*Task details*
Across these entries, how many lines contain the word "AllAreTheSame"? Answer with only the number.
**********
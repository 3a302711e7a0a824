//! The front end of the written meaning as it is: reading is expansion and grammar, checking is typing and layout.
//!
//! No code runs here. The functions are laws: each has a clause and nothing to do.
#![tactic(auto)]

ghost use Rattle.lp_meaning.specs.FrontEnd.{FrontEnd};
ghost use Rattle.lp_front_end.specs.Examples.{Examples};
ghost use Rattle.lp_front_end.specs.FrontEnds.{AllAreTheSame, IsFrontEnd, NamesTheFile, ThereIsOne};
ghost use Rattle.lp_front_end.specs.Parents.{FilesAreOfNames, MissingAreTheSame, NamesHaveFiles, TablesAreTheSame};
ghost use Rattle.lp_front_end.specs.Stores.{StoresAreRead};
ghost use Rattle.lp_front_end.specs.Told.{CheckIsTold, FaultsAreTold, ReadIsTold};

use lp_parser::law::one_unit_law;
use lp_preproc::law::law_one_outcome;
use lp_preproc_laws::answered::law_answered;

/// Law: there is a front end, for each file has an expansion or a first fault, and the tokens of an expansion spell a unit or
/// have a first fault.
pub fn law_there_is_one()
    ensures { ThereIsOne }
{
    law_answered();
}

/// Law: all front ends are the same, for an expansion has one outcome, tokens spell one unit at most, and no token but one is
/// their first fault. What is said of one is said of each.
pub fn law_all_are_the_same()
    ensures { AllAreTheSame }
{
    law_one_outcome();
    one_unit_law();
}

/// Law: each fault that is told of a file names that file.
pub fn law_faults_name_the_file()
    ensures { (front : FrontEnd) → IsFrontEnd front → NamesTheFile front }
{}

/// Law: where a store has the files of a world, what is read of a file is what the store's file declares, or its first fault.
pub fn law_stores_are_read()
    ensures { StoresAreRead }
{
    law_one_outcome();
    one_unit_law();
}

/// Law: who asks for a file is told what is read of it: what it declares, or its first fault.
pub fn law_read_is_told()
    ensures { ReadIsTold }
{}

/// Law: who asks whether a unit is sound is told its faults, or that it has none.
pub fn law_check_is_told()
    ensures { CheckIsTold }
{}

/// Law: where a unit has a fault, its faults are the reply.
pub fn law_faults_are_told()
    ensures { FaultsAreTold }
{}

/// Law: the files that a unit inherits are those of the names that a load of it goes by.
pub fn law_files_are_of_names()
    ensures { FilesAreOfNames }
{}

/// Law: names apart have files apart.
pub fn law_names_have_files()
    ensures { NamesHaveFiles }
{}

/// Law: the first parent whose tables are not known while a file is compiled is the first that is missing.
pub fn law_missing_are_the_same()
    ensures { MissingAreTheSame }
{
    law_files_are_of_names();
}

/// Law: the tables with which a file is compiled are those of the versions with which it is checked.
pub fn law_tables_are_the_same()
    ensures { TablesAreTheSame }
{
    law_files_are_of_names();
}

/// Law: small files are read and checked as they should be.
pub fn law_examples()
    ensures { (front : FrontEnd) → IsFrontEnd front → Examples front }
{
    law_one_outcome();
    one_unit_law();
}
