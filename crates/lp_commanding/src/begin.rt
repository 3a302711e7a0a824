//! Commands begin.
ghost use Rattle.std.specs.Prelude.{◌≡◌, IfOk, List, OnErr, OnOk};
ghost use Rattle.lp_actions.specs.Actions.{Sentence as Action, matching};
ghost use Rattle.lp_actions.specs.Held.{Lists};
ghost use Rattle.lp_cells.specs.Cells.{Store};
ghost use Rattle.lp_commanding.specs.Beginning.{Begins, IsBegunThere, IsSameTurn, Pushes};
ghost use Rattle.lp_commanding.specs.Trying.{actions_in};

use crate::job::{Begun, Commanding};
use crate::line::{argument_of, verb_of};
use lp_actions::sentence::Sentence;
use lp_efuns::caller::{Command, Turn};
use lp_values::id::ObjId;
use lp_values::text::Text;
use lp_values::value::Value;
use lp_world::live::Live;
use std::alloc::{AllocError, Global};

/// A command with this verb runs, within those that run already.
fn push_command(alloc: Global, turn: &mut Turn, verb: &[char]) -> Result<(), AllocError>
    ensures pushes { OnOk result (Pushes verb.now turn.old turn.new) }
    ensures err { OnErr result (IsSameTurn turn.old turn.new) }
{
    let verb = Text::from_slice(alloc, verb)?;
    turn.commands.push(Command { verb, fail: None })?;
    Ok(())
}

/// The actions of an object that a verb calls for, the latest last.
fn actions_for(live: &Live, holder: ObjId, verb: &[char]) -> Result<Vec<Sentence>, AllocError>
    ensures { IfOk result (λ found. (ss : List Action) → Lists live.now.actions ss → actions_in holder found.items ≡ matching ss holder verb.now) }
{
    let mut found = live.actions.matching(holder, verb)?;
    found.reverse();
    Ok(found)
}

/// A living object carries out a line: an empty line does nothing, and the answer is 0; with another one a command begins, within those
/// that run already, which tries the actions that the object holds for the verb of the line. Costs what the object holds, a logarithm
/// of all actions, and the length of the line.
///
/// # Errors
/// Where memory runs out; then no command was begun.
pub fn begin(
    live: &Live,
    turn: &mut Turn,
    holder: ObjId,
    line: &[char],
) -> Result<Begun, AllocError>
    ensures begins { IfOk result (λ r. Begins r holder line.now live.now turn.old turn.new) }
    ensures there { IfOk result (λ r. (cells : Store) → IsBegunThere cells r) }
    ensures err { OnErr result (IsSameTurn turn.old turn.new) }
{
    if line.is_empty() {
        return Ok(Begun::Ends(Value::Int(0)));
    }
    let verb = verb_of(line);
    let left = actions_for(live, holder, verb)?;
    let argument = argument_of(live.alloc, line)?;
    push_command(live.alloc, turn, verb)?;
    Ok(Begun::Runs(Commanding {
        holder,
        argument,
        left,
        is_told: false,
    }))
}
**********
*Exercise result*
2